Material to process:
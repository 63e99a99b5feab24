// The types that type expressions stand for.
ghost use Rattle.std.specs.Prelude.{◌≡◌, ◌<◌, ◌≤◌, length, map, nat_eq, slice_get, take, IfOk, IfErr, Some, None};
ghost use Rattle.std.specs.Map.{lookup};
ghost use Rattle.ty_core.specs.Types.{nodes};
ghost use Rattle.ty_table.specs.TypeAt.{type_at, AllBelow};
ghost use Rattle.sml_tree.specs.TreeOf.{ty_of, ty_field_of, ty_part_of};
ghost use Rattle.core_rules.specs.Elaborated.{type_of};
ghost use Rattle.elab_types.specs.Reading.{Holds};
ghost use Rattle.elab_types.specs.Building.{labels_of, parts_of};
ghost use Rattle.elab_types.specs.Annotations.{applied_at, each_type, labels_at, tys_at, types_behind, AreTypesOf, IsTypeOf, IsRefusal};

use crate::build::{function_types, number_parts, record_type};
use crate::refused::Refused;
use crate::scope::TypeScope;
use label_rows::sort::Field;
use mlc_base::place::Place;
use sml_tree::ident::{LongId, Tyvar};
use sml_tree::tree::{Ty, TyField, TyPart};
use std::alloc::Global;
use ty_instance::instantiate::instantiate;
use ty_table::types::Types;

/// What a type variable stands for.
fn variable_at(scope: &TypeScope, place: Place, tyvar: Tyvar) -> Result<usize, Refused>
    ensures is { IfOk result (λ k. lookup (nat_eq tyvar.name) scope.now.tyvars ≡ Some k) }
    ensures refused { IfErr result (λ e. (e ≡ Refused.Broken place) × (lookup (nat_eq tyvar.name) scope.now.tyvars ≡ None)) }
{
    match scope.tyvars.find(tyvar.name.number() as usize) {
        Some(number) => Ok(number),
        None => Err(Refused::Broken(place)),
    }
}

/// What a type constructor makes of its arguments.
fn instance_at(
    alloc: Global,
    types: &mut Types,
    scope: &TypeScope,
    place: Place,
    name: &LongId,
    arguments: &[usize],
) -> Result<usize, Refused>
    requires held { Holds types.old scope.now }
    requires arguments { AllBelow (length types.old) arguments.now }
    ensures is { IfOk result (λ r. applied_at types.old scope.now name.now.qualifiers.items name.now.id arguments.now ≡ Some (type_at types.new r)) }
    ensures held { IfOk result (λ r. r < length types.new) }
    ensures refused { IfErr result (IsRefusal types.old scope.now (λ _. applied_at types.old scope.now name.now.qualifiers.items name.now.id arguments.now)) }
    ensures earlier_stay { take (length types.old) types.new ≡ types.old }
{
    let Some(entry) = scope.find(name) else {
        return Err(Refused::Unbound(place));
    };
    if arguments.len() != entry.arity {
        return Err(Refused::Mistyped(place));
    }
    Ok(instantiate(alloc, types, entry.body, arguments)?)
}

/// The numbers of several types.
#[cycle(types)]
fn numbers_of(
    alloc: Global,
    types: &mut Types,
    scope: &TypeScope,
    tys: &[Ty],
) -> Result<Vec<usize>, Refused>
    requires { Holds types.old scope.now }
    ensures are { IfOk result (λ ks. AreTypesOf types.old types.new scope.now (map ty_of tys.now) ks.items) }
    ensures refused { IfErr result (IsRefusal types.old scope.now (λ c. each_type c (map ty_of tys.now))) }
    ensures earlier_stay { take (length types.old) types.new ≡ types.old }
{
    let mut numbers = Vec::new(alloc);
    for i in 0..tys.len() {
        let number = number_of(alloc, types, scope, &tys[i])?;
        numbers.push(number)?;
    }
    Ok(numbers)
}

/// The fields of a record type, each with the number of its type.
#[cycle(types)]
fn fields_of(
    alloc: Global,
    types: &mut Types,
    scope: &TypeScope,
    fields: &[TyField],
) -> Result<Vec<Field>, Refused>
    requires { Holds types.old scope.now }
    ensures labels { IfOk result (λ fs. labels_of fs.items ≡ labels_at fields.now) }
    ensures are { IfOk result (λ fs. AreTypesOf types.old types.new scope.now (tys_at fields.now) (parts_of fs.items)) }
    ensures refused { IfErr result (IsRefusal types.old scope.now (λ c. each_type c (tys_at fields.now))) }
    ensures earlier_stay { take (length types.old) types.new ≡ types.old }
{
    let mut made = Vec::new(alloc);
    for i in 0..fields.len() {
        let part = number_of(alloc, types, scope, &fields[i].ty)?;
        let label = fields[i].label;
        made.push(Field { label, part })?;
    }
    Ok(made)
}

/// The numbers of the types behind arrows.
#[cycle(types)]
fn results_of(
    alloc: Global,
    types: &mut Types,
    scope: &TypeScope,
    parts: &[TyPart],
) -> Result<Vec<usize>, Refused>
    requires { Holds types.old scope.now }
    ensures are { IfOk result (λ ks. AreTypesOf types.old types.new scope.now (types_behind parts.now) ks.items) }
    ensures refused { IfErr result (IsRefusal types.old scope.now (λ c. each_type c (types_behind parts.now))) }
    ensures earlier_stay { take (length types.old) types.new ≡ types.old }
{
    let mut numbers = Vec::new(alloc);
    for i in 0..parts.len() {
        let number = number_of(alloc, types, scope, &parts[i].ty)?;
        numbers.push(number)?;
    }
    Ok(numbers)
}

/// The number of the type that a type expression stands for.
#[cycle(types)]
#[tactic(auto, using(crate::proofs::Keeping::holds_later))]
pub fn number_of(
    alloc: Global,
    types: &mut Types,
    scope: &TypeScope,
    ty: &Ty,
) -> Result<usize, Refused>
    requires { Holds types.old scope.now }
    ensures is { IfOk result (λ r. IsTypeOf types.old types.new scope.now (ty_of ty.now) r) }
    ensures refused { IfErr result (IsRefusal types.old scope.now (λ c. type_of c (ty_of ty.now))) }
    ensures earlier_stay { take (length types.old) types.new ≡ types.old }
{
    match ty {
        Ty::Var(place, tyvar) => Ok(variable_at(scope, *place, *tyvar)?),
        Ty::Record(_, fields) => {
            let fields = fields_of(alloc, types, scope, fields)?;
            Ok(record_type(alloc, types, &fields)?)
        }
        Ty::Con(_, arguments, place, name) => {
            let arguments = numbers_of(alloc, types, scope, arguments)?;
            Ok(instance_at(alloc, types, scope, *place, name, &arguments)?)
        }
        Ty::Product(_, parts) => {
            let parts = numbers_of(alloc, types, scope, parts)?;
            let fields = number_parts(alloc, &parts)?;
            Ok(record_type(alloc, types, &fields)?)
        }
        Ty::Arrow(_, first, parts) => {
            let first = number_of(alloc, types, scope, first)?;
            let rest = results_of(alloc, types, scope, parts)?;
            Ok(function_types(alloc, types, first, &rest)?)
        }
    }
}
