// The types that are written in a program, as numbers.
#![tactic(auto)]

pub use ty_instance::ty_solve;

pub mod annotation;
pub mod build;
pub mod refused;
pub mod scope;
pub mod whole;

* * *

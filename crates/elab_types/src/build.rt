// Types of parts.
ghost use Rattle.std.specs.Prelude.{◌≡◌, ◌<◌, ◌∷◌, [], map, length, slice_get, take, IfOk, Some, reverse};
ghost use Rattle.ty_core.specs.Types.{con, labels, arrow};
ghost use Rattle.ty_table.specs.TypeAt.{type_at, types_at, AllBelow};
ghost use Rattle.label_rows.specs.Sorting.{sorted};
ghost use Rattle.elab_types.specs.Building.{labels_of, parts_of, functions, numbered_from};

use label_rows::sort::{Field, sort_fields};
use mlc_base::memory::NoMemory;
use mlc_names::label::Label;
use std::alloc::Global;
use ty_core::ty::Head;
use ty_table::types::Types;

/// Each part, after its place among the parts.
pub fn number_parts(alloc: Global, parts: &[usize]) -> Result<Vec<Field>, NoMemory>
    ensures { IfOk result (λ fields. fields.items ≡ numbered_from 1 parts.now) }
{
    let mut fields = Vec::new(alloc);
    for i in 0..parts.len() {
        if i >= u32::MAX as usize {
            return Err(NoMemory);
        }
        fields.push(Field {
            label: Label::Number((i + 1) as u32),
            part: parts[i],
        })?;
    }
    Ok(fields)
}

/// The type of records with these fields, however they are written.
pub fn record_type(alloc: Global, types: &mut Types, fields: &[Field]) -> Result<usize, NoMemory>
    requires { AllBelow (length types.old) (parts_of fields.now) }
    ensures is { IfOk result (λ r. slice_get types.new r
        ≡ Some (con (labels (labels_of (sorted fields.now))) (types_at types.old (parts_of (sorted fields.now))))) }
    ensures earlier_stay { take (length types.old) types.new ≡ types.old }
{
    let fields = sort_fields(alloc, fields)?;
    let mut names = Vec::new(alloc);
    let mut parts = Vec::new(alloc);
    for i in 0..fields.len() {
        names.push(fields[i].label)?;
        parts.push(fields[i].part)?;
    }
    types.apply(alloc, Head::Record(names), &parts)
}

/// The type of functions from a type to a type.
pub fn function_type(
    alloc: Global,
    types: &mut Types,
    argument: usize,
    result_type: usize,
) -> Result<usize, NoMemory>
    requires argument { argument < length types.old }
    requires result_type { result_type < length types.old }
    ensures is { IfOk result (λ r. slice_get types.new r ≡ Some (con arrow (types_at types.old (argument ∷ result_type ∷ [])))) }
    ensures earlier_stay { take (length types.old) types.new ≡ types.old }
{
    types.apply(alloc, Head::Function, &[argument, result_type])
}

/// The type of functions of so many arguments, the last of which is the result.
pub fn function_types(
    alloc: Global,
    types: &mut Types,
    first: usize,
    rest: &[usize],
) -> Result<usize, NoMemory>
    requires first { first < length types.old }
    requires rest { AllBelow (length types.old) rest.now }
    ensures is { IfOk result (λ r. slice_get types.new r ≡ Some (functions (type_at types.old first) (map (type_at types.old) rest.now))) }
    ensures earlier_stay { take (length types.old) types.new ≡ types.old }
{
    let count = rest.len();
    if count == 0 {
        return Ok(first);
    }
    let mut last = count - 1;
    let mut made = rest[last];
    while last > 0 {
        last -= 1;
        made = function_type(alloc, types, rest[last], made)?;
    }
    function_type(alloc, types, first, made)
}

...

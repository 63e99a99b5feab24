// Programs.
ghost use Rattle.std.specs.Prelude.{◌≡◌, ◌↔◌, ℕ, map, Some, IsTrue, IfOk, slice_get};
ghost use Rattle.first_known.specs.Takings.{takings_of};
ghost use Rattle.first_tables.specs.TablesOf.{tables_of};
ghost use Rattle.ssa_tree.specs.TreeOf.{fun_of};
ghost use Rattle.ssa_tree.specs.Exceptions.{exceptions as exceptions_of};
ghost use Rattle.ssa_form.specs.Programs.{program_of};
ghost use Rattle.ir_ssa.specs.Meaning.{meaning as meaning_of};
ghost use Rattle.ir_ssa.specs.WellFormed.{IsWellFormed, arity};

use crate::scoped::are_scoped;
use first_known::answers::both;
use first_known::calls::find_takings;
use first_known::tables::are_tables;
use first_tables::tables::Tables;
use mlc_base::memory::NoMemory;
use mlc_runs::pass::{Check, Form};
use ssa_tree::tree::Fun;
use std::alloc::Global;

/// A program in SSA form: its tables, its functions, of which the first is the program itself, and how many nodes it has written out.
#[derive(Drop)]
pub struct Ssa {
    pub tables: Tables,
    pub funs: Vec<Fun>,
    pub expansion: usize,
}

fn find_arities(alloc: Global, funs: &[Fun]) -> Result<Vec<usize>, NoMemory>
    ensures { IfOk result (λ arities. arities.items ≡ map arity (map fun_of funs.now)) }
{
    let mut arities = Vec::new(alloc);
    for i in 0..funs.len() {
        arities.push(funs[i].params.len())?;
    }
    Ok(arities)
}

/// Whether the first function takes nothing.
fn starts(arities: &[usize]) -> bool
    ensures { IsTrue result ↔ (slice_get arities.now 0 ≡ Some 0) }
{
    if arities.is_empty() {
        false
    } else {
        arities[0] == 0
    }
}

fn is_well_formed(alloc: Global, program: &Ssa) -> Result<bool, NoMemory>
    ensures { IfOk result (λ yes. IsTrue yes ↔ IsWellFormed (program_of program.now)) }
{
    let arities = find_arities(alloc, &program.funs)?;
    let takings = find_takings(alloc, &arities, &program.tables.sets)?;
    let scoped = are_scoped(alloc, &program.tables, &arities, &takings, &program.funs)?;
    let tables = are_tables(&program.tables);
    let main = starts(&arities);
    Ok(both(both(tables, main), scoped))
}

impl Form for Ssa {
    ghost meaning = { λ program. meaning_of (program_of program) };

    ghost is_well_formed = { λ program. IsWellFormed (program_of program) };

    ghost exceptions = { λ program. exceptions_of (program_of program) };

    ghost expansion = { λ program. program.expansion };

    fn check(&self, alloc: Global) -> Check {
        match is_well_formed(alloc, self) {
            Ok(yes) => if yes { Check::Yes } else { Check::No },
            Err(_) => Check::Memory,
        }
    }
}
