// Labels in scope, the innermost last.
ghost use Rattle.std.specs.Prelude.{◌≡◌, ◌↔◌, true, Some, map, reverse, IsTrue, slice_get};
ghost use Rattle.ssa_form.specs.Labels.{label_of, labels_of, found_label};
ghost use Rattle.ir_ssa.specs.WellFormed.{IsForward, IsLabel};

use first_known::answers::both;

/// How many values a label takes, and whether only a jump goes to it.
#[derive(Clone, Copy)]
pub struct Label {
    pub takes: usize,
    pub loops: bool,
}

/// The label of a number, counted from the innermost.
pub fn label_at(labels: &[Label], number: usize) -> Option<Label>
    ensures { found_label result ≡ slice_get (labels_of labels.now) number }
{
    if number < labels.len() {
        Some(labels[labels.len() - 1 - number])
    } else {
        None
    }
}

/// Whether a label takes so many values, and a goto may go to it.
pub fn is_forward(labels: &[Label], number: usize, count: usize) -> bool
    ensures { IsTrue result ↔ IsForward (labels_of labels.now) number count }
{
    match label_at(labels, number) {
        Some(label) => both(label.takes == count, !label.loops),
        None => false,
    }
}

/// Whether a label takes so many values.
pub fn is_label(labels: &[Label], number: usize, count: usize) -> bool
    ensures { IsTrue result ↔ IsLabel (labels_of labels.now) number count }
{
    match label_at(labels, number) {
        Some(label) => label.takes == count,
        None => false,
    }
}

Task instructions:
Show every line of the records above that contains the word "apply".

Task result:
    types.apply(alloc, Head::Record(names), &parts)
    types.apply(alloc, Head::Function, &[argument, result_type])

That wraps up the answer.